Each line of the listing where the string "Result" appears is to be identified and copied.

+++

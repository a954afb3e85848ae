//! Calls of modules with host calls: input and output, and what is refused where nothing is granted and nothing may be called.

use crate::call_tests::{ONE_FUNCTION, ONE_PAGE, module};
use crate::tests::answered;
use std::test::Fail;

/// The sections of a module, the input, the fuel, and the line and the status that are due to a call.
type Case = (
    &'static str,
    &'static [&'static str],
    &'static str,
    &'static str,
    &'static str,
    u8,
);

/// `input_size`, `read_input` and `write_output`; `main` puts out its input.
const ECHO: &[&str] = &[
    "0110036000017f60037f7f7f0060027f7f00",
    "023c0305666161736d0a696e7075745f73697a65000005666161736d0a726561645f696e707574000105666161736d0c77726974655f6f75747075740002",
    ONE_FUNCTION,
    ONE_PAGE,
    "070801046d61696e0003",
    "0a14011200410041001000100141001000100241000b",
];

const ZEROS: &str =
    "00000000000000000000000000000000000000000000000000000000000000000000000000000000000000000000000000000000000000000000000000000000";

/// Input and output.
const ON_BYTES: [Case; 13] = [
    (
        "the input put out",
        ECHO,
        "68656c6c6f",
        "100",
        "call done 0 used 8 output 68656c6c6f\n",
        0,
    ),
    (
        "an empty input",
        ECHO,
        "",
        "100",
        "call done 0 used 8 output \n",
        0,
    ),
    (
        "a buffer of 64 bytes costs one more",
        ECHO,
        ZEROS,
        "100",
        "call done 0 used 10 output 00000000000000000000000000000000000000000000000000000000000000000000000000000000000000000000000000000000000000000000000000000000\n",
        0,
    ),
    (
        "the length of the input",
        &[
            "0105016000017f",
            "02140105666161736d0a696e7075745f73697a650000",
            ONE_FUNCTION,
            ONE_PAGE,
            "070801046d61696e0001",
            "0a0601040010000b",
        ],
        "abcd",
        "10",
        "call done 2 used 1 output \n",
        0,
    ),
    (
        "a part of the input, behind other bytes",
        &[
            "0110036000017f60037f7f7f0060027f7f00",
            "02290205666161736d0a726561645f696e707574000105666161736d0c77726974655f6f75747075740002",
            ONE_FUNCTION,
            ONE_PAGE,
            "070801046d61696e0002",
            "0a14011200410141014102100041004104100141000b",
            "0b0a010041000b0411223344",
        ],
        "abcdef",
        "100",
        "call done 0 used 8 output 11cdef44\n",
        0,
    ),
    (
        "output is appended",
        &[
            "010a026000017f60027f7f00",
            "02160105666161736d0c77726974655f6f75747075740001",
            ONE_FUNCTION,
            ONE_PAGE,
            "070801046d61696e0001",
            "0a1201100041024101100041004102100041070b",
            "0b09010041000b03112233",
        ],
        "",
        "100",
        "call done 7 used 7 output 331122\n",
        0,
    ),
    (
        "over the end of the input",
        &[
            "010b026000017f60037f7f7f00",
            "02140105666161736d0a726561645f696e7075740001",
            ONE_FUNCTION,
            ONE_PAGE,
            "070801046d61696e0001",
            "0a0e010c00410041004103100041000b",
        ],
        "abcd",
        "100",
        "call trap call range used 4\n",
        1,
    ),
    (
        "into no memory",
        &[
            "010b026000017f60037f7f7f00",
            "02140105666161736d0a726561645f696e7075740001",
            ONE_FUNCTION,
            ONE_PAGE,
            "070801046d61696e0001",
            "0a10010e00410041ffff034102100041000b",
        ],
        "abcd",
        "100",
        "call trap out of bounds memory access used 4\n",
        1,
    ),
    (
        "out of no memory",
        &[
            "010a026000017f60027f7f00",
            "02160105666161736d0c77726974655f6f75747075740001",
            ONE_FUNCTION,
            ONE_PAGE,
            "070801046d61696e0001",
            "0a0e010c0041ffff034102100041000b",
        ],
        "",
        "100",
        "call trap out of bounds memory access used 3\n",
        1,
    ),
    (
        "a buffer that is too long",
        &[
            "010a026000017f60027f7f00",
            "02160105666161736d0c77726974655f6f75747075740001",
            ONE_FUNCTION,
            ONE_PAGE,
            "070801046d61696e0001",
            "0a0e010c00410041818004100041000b",
        ],
        "",
        "100",
        "call trap buffer too long used 3\n",
        1,
    ),
    (
        "the room for output, and a byte more",
        &[
            "010a026000017f60027f7f00",
            "02160105666161736d0c77726974655f6f75747075740001",
            ONE_FUNCTION,
            ONE_PAGE,
            "070801046d61696e0001",
            "0a14011200410041808004100041004101100041000b",
        ],
        "",
        "2000",
        "call trap output full used 1030\n",
        1,
    ),
    (
        "a trap doesn't tell the output before it",
        &[
            "010a026000017f60027f7f00",
            "02160105666161736d0c77726974655f6f75747075740001",
            ONE_FUNCTION,
            ONE_PAGE,
            "070801046d61696e0001",
            "0a0d010b004100410110000041000b",
        ],
        "",
        "100",
        "call trap unreachable used 4\n",
        1,
    ),
    (
        "no fuel for a buffer",
        &[
            "010a026000017f60027f7f00",
            "02160105666161736d0c77726974655f6f75747075740001",
            ONE_FUNCTION,
            ONE_PAGE,
            "070801046d61696e0001",
            "0a0d010b00410041c000100041000b",
        ],
        "",
        "3",
        "call fuel\n",
        1,
    ),
];

/// Without grants and callable functions.
const REFUSED: [Case; 10] = [
    (
        "no callable function",
        &[
            "010c026000017f60037f7f7f017f",
            "02140105666161736d0a636861696e5f63616c6c0001",
            ONE_FUNCTION,
            ONE_PAGE,
            "070801046d61696e0001",
            "0a0c010a0041004100410010000b",
        ],
        "",
        "100",
        "call trap bad function used 4\n",
        1,
    ),
    (
        "no child to await",
        &[
            "010a026000017f60017f017e",
            "02140105666161736d0a61776169745f63616c6c0001",
            ONE_FUNCTION,
            ONE_PAGE,
            "070801046d61696e0001",
            "0a0901070041001000a70b",
        ],
        "",
        "100",
        "call trap bad child used 2\n",
        1,
    ),
    (
        "no child with an output",
        &[
            "010a026000017f60017f017f",
            "02150105666161736d0b6f75747075745f73697a650001",
            ONE_FUNCTION,
            ONE_PAGE,
            "070801046d61696e0001",
            "0a08010600410010000b",
        ],
        "",
        "100",
        "call trap bad child used 2\n",
        1,
    ),
    (
        "no output of a child",
        &[
            "010c026000017f60047f7f7f7f00",
            "02150105666161736d0b726561645f6f75747075740001",
            ONE_FUNCTION,
            ONE_PAGE,
            "070801046d61696e0001",
            "0a10010e004100410041004100100041000b",
        ],
        "",
        "100",
        "call trap bad child used 5\n",
        1,
    ),
    (
        "no key with a size",
        &[
            "010a026000017f60017f017f",
            "02140105666161736d0a73746174655f73697a650001",
            ONE_FUNCTION,
            ONE_PAGE,
            "070801046d61696e0001",
            "0a08010600410010000b",
        ],
        "",
        "100",
        "call trap bad key used 2\n",
        1,
    ),
    (
        "no key to map",
        &[
            "010a026000017f60017f017f",
            "02130105666161736d096765745f73746174650001",
            ONE_FUNCTION,
            ONE_PAGE,
            "070801046d61696e0001",
            "0a08010600410010000b",
        ],
        "",
        "100",
        "call trap bad key used 2\n",
        1,
    ),
    (
        "no key to write",
        &[
            "010c026000017f60047f7f7f7f00",
            "02130105666161736d097365745f73746174650001",
            ONE_FUNCTION,
            ONE_PAGE,
            "070801046d61696e0001",
            "0a10010e004100410041004101100041000b",
        ],
        "",
        "100",
        "call trap bad key used 5\n",
        1,
    ),
    (
        "no key to append to",
        &[
            "010c026000017f60037f7f7f017f",
            "02160105666161736d0c617070656e645f73746174650001",
            ONE_FUNCTION,
            ONE_PAGE,
            "070801046d61696e0001",
            "0a0d010b004100410041c00010000b",
        ],
        "",
        "100",
        "call trap bad key used 5\n",
        1,
    ),
    (
        "no key to lock",
        &[
            "0109026000017f60017f00",
            "021a0105666161736d106c6f636b5f73746174655f77726974650001",
            ONE_FUNCTION,
            ONE_PAGE,
            "070801046d61696e0001",
            "0a0a0108004100100041000b",
        ],
        "",
        "100",
        "call trap bad key used 2\n",
        1,
    ),
    (
        "no key to unlock",
        &[
            "0109026000017f60017f00",
            "02170105666161736d0d756e6c6f636b5f676c6f62616c0001",
            ONE_FUNCTION,
            ONE_PAGE,
            "070801046d61696e0001",
            "0a0a0108004100100041000b",
        ],
        "",
        "100",
        "call trap bad key used 2\n",
        1,
    ),
];

#[test]
fn input_and_output(rt: HostRuntime) -> Result<(), Fail> {
    let alloc = rt.alloc();
    for (name, sections, input, fuel, line, status) in ON_BYTES {
        let file = module(alloc, sections)?;
        let (answer, written) = answered(alloc, &["call", "m.wasm", input, fuel], &file, 200)?;
        assert_eq!(rt; written.as_slice(), line.as_bytes(), "{name}");
        assert_eq!(rt; answer, status, "{name}");
    }
    Ok(())
}

#[test]
fn host_calls_that_are_refused(rt: HostRuntime) -> Result<(), Fail> {
    let alloc = rt.alloc();
    for (name, sections, input, fuel, line, status) in REFUSED {
        let file = module(alloc, sections)?;
        let (answer, written) = answered(alloc, &["call", "m.wasm", input, fuel], &file, 200)?;
        assert_eq!(rt; written.as_slice(), line.as_bytes(), "{name}");
        assert_eq!(rt; answer, status, "{name}");
    }
    Ok(())
}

+++

* RESPONSE AREA:
fn input_and_output(rt: HostRuntime) -> Result<(), Fail> {
fn host_calls_that_are_refused(rt: HostRuntime) -> Result<(), Fail> {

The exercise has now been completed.